* What you have to do: Check each line of the material for "CalibratorValue" and report how many lines have it, with nothing added.

* Information:
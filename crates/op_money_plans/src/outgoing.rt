//! Plans of what is told of an outgoing payment, and of cancelling one.

ghost use Rattle.std.specs.Prelude.{◌≡◌, List};
ghost use Rattle.op_model.specs.Shown.{progress_shown};
ghost use Rattle.op_model.specs.declared.act.Entry.{Entry};
ghost use Rattle.op_model.specs.declared.request.Request.TheVariants.{InspectOutgoing, CancelOutgoing};
ghost use Rattle.op_paying.specs.Money.{IsMoneyOf};
ghost use Rattle.op_plans.specs.Plans.{IsPlanned};

use op_model::{Act, FailReason, OutgoingRow, ProgressShown, Refusal, ReplyBody};
use op_paying::Money;
use op_plans::Plan;

/// What is to come of a look at an outgoing payment (`GET /admin/outgoing-payments/{id}`): how far it has come. `None` is
/// what is no number.
pub fn plan_inspect_outgoing(money: &Money, payment: Option<u64>) -> Plan
    ensures { (history : List Entry) → IsMoneyOf history money.now → IsPlanned history (InspectOutgoing payment) result }
{
    let Some(number) = payment else {
        return Plan::Refused(Refusal::NotFound);
    };
    match money.outgoing(number) {
        Some(row) => Plan::Told(ReplyBody::OutgoingInspected {
            number,
            payment: progress_shown(row),
        }),
        None => Plan::Refused(Refusal::NotFound),
    }
}

/// What is to come of cancelling an outgoing payment (`POST /admin/outgoing-payments/{id}/cancel`): it fails, and what is
/// left of its debit is held no more. `None` is what is no number.
pub fn plan_cancel_outgoing(money: &Money, payment: Option<u64>) -> Plan
    ensures { (history : List Entry) → IsMoneyOf history money.now → IsPlanned history (CancelOutgoing payment) result }
{
    let Some(number) = payment else {
        return Plan::Refused(Refusal::NotFound);
    };
    let Some(row) = money.outgoing(number) else {
        return Plan::Refused(Refusal::NotFound);
    };
    let Some(progress) = money.cancelled(number) else {
        return Plan::Refused(Refusal::AlreadyEnded);
    };
    Plan::Acts {
        act: Act::OutgoingFailed {
            payment: number,
            step: row.step,
            reason: FailReason::Cancelled,
        },
        body: ReplyBody::OutgoingInspected {
            number,
            payment: progress,
        },
    }
}

// How far a payment has come, as the provider is told.
fn progress_shown(row: &OutgoingRow) -> ProgressShown
    ensures { result ≡ progress_shown row.now }
{
    ProgressShown {
        state: row.state,
        step: row.step,
        sent: row.sent,
        fee: row.fee,
        delivered: row.delivered,
        reason: row.reason,
    }
}
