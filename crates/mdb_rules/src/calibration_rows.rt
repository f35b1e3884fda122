//! The calibrations sheet, row by row.

ghost use Rattle.std.specs.Prelude.{◌≡◌, ◌<◌, ◌==◌, ◌∷◌, ◌++◌, [], ◌&&◌, not, is_some, length, map, None, Some, option_copied, OnOk};
ghost use Rattle.std.specs.List.{list_any};
ghost use Rattle.mdb_items.specs.declared.calibration.Calibrator.{Calibrator as CalibratorValue};
ghost use Rattle.mdb_items.specs.CalibrationRows.{AreNew, calibration_checks, continued, empty_calibrator, enum_numbers, has_x, has_y, is_named, is_not_above, is_other_kind, is_point, is_unread, label_number, repeats, with_calibration_row, with_name, with_new_row, calibrator_with_row};
ghost use Rattle.mdb_items.specs.Checks.{first_broken};
ghost use Rattle.mdb_items.specs.Lists.{at_last};
ghost use Rattle.mdb_items.specs.Numbers.{is_decimal, is_in_range, is_whole_number};
ghost use Rattle.mdb_rules.specs.Steps.{IsInStep};
ghost use Rattle.mdb_items.specs.Texts.{place_of};

use crate::name_index::NameIndex;
use crate::numbers::Numbers;
use item_list::items::Items;
use mdb_items::calibration::{Calibration, Calibrator, EnumRow, PointsRow, PolyRow};
use mdb_items::name::MdbName;
use mdb_items::rows::RowValues;
use mdb_items::texts::is_label;
use std::alloc::{AllocError, Global};
use text_forms::is_name;

/// The number lies from -2^63 to 2^64 - 1.
pub fn is_in_range(number: i128) -> bool
    ensures { result ≡ is_in_range number }
{
    !(number < -9223372036854775808) && !(18446744073709551615 < number)
}

fn is_whole_number(number: Option<i128>) -> bool
    ensures { result ≡ is_whole_number number }
{
    match number {
        Some(number) => is_in_range(number),
        None => false,
    }
}

fn is_decimal(millionths: Option<i64>) -> bool
    ensures { result ≡ is_decimal millionths }
{
    match millionths {
        Some(millionths) => millionths.unsigned_abs() < 1_000_000_000_000_000_000,
        None => false,
    }
}

fn is_unread(row_values: &RowValues) -> bool
    ensures { result ≡ is_unread row_values.now }
{
    matches!(row_values, RowValues::Unread)
}

fn is_point(row_values: &RowValues) -> bool
    ensures { result ≡ is_point row_values.now }
{
    matches!(row_values, RowValues::Point(_, _))
}

fn has_x(row_values: &RowValues) -> bool
    ensures { result ≡ has_x row_values.now }
{
    match row_values {
        RowValues::Unread => false,
        RowValues::Coefficient(Some(exponent), _) => *exponent <= 3,
        RowValues::Coefficient(None, _) => false,
        RowValues::Point(x, _) => is_whole_number(*x),
        RowValues::Label(x, _) => is_whole_number(*x),
    }
}

fn has_y(row_values: &RowValues) -> bool
    ensures { result ≡ has_y row_values.now }
{
    match row_values {
        RowValues::Unread => false,
        RowValues::Coefficient(_, y) => is_decimal(*y),
        RowValues::Point(_, y) => is_decimal(*y),
        RowValues::Label(_, label) => is_label(label.as_bytes()),
    }
}

fn is_other_kind(calibrator: Option<&Calibrator>, row_values: &RowValues) -> bool
    ensures { result ≡ is_other_kind (option_copied calibrator.entry) row_values.now }
{
    match calibrator {
        None => false,
        Some(Calibrator::Poly(_)) => !matches!(row_values, RowValues::Coefficient(_, _)),
        Some(Calibrator::Points(_)) => !matches!(row_values, RowValues::Point(_, _)),
        Some(Calibrator::Enum(_)) => !matches!(row_values, RowValues::Label(_, _)),
    }
}

fn has_exponent(rows: &[PolyRow], exponent: u8) -> bool
    ensures { result ≡ list_any (λ r. r.exponent == exponent) rows.now }
{
    rows.iter().any(|r| r.exponent == exponent)
}

fn is_not_above(x: i128, point: Option<&PointsRow>) -> bool
    ensures { result ≡ is_not_above x (option_copied point.entry) }
{
    match point {
        None => false,
        Some(point) => !(point.x < x),
    }
}

/// The x repeats, or doesn't rise in points. `numbers` are those of an enum.
fn repeats(calibrator: Option<&Calibrator>, numbers: &Numbers, row_values: &RowValues) -> bool
    requires { (t : CalibratorValue) → option_copied calibrator ≡ Some t → numbers.now ≡ enum_numbers (Some t) }
    ensures { result ≡ repeats (option_copied calibrator.entry) row_values.now }
{
    match calibrator {
        None => false,
        Some(Calibrator::Poly(rows)) => match row_values {
            RowValues::Coefficient(Some(exponent), _) => has_exponent(rows.as_slice(), *exponent),
            _ => false,
        },
        Some(Calibrator::Points(rows)) => match row_values {
            RowValues::Point(Some(x), _) => is_not_above(*x, rows.as_slice().last()),
            _ => false,
        },
        Some(Calibrator::Enum(_)) => match row_values {
            RowValues::Label(Some(x), _) => numbers.contains(*x),
            _ => false,
        },
    }
}

fn is_named(name: &[u8], next: Option<&[u8]>) -> bool
    ensures { result ≡ is_named name.now (option_copied next.entry) }
{
    match next {
        None => false,
        Some(next) => next == name,
    }
}

/// A calibrator without rows, of the kind of values.
fn empty_calibrator(alloc: Global, row_values: &RowValues) -> Calibrator
    ensures { result ≡ empty_calibrator row_values.now }
{
    match row_values {
        RowValues::Unread => Calibrator::Poly(Items::new(alloc)),
        RowValues::Coefficient(_, _) => Calibrator::Poly(Items::new(alloc)),
        RowValues::Point(_, _) => Calibrator::Points(Items::new(alloc)),
        RowValues::Label(_, _) => Calibrator::Enum(Items::new(alloc)),
    }
}

/// Adds a row, where the values are of the calibrator's kind and whole.
fn push_row(calibrator: &mut Calibrator, row_values: RowValues) -> Result<(), AllocError>
    ensures { OnOk result (calibrator.new ≡ calibrator_with_row calibrator.old row_values) }
{
    match calibrator {
        Calibrator::Poly(rows) => {
            if let RowValues::Coefficient(Some(exponent), Some(millionths)) = row_values {
                rows.push(PolyRow {
                    exponent,
                    millionths,
                })?;
            }
        }
        Calibrator::Points(rows) => {
            if let RowValues::Point(Some(x), Some(millionths)) = row_values {
                rows.push(PointsRow { x, millionths })?;
            }
        }
        Calibrator::Enum(rows) => {
            if let RowValues::Label(Some(x), label) = row_values {
                rows.push(EnumRow { x, label })?;
            }
        }
    }
    Ok(())
}

/// Adds the raw number of an enum's row.
fn note_number(numbers: &mut Numbers, row_values: &RowValues) -> Result<(), AllocError>
    requires { AreNew numbers.old row_values.now }
    ensures { OnOk result (numbers.new ≡ numbers.old ++ label_number row_values.now) }
{
    match row_values {
        RowValues::Unread => Ok(()),
        RowValues::Coefficient(_, _) => Ok(()),
        RowValues::Point(_, _) => Ok(()),
        RowValues::Label(None, _) => Ok(()),
        RowValues::Label(Some(x), _) => numbers.add(*x),
    }
}

/// The calibrations of the rows so far, their names, and the raw numbers of the last one where it is an enum.
#[derive(Drop)]
pub struct Calibrations {
    pub names: NameIndex,
    pub numbers: Numbers,
    pub items: Vec<Calibration>,
}

impl Calibrations {
    pub fn new(alloc: Global) -> Calibrations
        ensures none { result.items.items ≡ [] }
        ensures step { IsInStep result }
    {
        Calibrations {
            names: NameIndex::new(alloc),
            numbers: Numbers::new(alloc),
            items: Vec::new(alloc),
        }
    }

    /// The calibrator of the last calibration, where it has the name.
    fn continued(&self, name: &[u8]) -> Option<&Calibrator>
        ensures { option_copied result ≡ continued self.now.items.items name.now }
    {
        match self.items.last() {
            Some(last) => {
                if last.name.as_bytes() == name {
                    Some(&last.calibrator)
                } else {
                    None
                }
            }
            None => None,
        }
    }

    /// The name is that of a calibration, but not of the last.
    fn began_before(&self, name: &[u8]) -> bool
        requires { IsInStep self.now }
        ensures { result ≡ (not (is_some (continued self.now.items.items name.now)) && is_some
            (place_of name.now (map (λ c. c.name) self.now.items.items))) }
    {
        match self.continued(name) {
            Some(_) => false,
            None => self.names.number(name).is_some(),
        }
    }

    /// The row is the only one of its points.
    fn is_alone(&self, name: &[u8], row_values: &RowValues, next: Option<&[u8]>) -> bool
        ensures { result ≡ (is_point row_values.now && not (is_some (continued self.now.items.items name.now)) && not
            (is_named name.now (option_copied next.entry))) }
    {
        if !is_point(row_values) {
            return false;
        }
        match self.continued(name) {
            Some(_) => false,
            None => !is_named(name, next),
        }
    }

    /// The first rule that a row breaks, below these rows and before a record whose first field is `next`.
    pub fn broken(
        &self,
        fields: usize,
        name: &[u8],
        row_values: &RowValues,
        next: Option<&[u8]>,
    ) -> Option<u8>
        requires step { IsInStep self.now }
        ensures { result ≡ first_broken (calibration_checks self.now.items.items
            (record { fields = fields; name = name.now; row_values = row_values.now }) (option_copied next.entry)) }
    {
        if fields != 4 {
            return Some(2);
        }
        if !is_name(name) {
            return Some(3);
        }
        if self.began_before(name) {
            return Some(5);
        }
        if is_unread(row_values) {
            return Some(4);
        }
        let calibrator = self.continued(name);
        if is_other_kind(calibrator, row_values) {
            return Some(6);
        }
        if !has_x(row_values) {
            return Some(7);
        }
        if repeats(calibrator, &self.numbers, row_values) {
            return Some(8);
        }
        if !has_y(row_values) {
            return Some(9);
        }
        if self.is_alone(name, row_values, next) {
            return Some(10);
        }
        None
    }

    /// Begins a calibration without rows. After want of memory nothing is known of the calibrations.
    fn begin(
        &mut self,
        alloc: Global,
        name: &[u8],
        row_values: &RowValues,
    ) -> Result<(), AllocError>
        requires fresh { place_of name.now self.old.names ≡ None }
        ensures items { OnOk result (self.new.items.items ≡ self.old.items.items ++
            (record { name = name.now; calibrator = empty_calibrator row_values.now }) ∷ []) }
        ensures names { OnOk result (self.new.names ≡ self.old.names ++ name.now ∷ []) }
        ensures numbers { OnOk result (self.new.numbers ≡ []) }
    {
        self.names.add(Vec::from_slice(alloc, name)?)?;
        self.items.push(Calibration {
            name: MdbName::from_slice(alloc, name)?,
            calibrator: empty_calibrator(alloc, row_values),
        })?;
        // to empty them would cost as much as the longest enumeration so far (D-68)
        self.numbers = Numbers::new(alloc);
        Ok(())
    }

    /// Begins a calibration, where the last one hasn't the name. After want of memory nothing is known of the
    /// calibrations.
    fn open(&mut self, alloc: Global, name: &[u8], row_values: &RowValues) -> Result<(), AllocError>
        requires step { IsInStep self.old }
        requires fresh { continued self.old.items.items name.now ≡ None → place_of name.now self.old.names ≡ None }
        ensures items { OnOk result (self.new.items.items ≡ with_name self.old.items.items name.now row_values.now) }
        ensures names { OnOk result (self.new.names ≡ map (λ x. x.name) self.new.items.items) }
        ensures numbers { OnOk result (self.new.numbers ≡ enum_numbers (continued self.old.items.items name.now)) }
    {
        if self.continued(name).is_some() {
            return Ok(());
        }
        self.begin(alloc, name, row_values)
    }

    /// Adds a row to the last calibration. After want of memory nothing is known of the calibrations.
    fn push(&mut self, row_values: RowValues) -> Result<(), AllocError>
        requires begun { 0 < length self.old.items.items }
        requires fresh { AreNew self.old.numbers row_values }
        ensures items { OnOk result (self.new.items.items ≡ at_last (with_new_row row_values) self.old.items.items) }
        ensures names { OnOk result (self.new.names ≡ self.old.names) }
        ensures numbers { OnOk result (self.new.numbers ≡ self.old.numbers ++ label_number row_values) }
    {
        note_number(&mut self.numbers, &row_values)?;
        let last = self.items.len() - 1;
        let calibration = &mut self.items[last];
        push_row(&mut calibration.calibrator, row_values)
    }

    /// Adds a row that breaks no rule. After want of memory nothing is known of the calibrations.
    pub fn add(
        &mut self,
        alloc: Global,
        fields: usize,
        name: &[u8],
        row_values: RowValues,
        next: Option<&[u8]>,
    ) -> Result<(), AllocError>
        requires step { IsInStep self.old }
        requires sound { first_broken (calibration_checks self.old.items.items
            (record { fields = fields; name = name.now; row_values = row_values }) (option_copied next)) ≡ None }
        ensures added { OnOk result (self.new.items.items ≡ with_calibration_row self.old.items.items
            (record { fields = fields; name = name.now; row_values = row_values })) }
        ensures step { OnOk result (IsInStep self.new) }
    {
        self.open(alloc, name, &row_values)?;
        self.push(row_values)
    }
}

* Worked solution: 2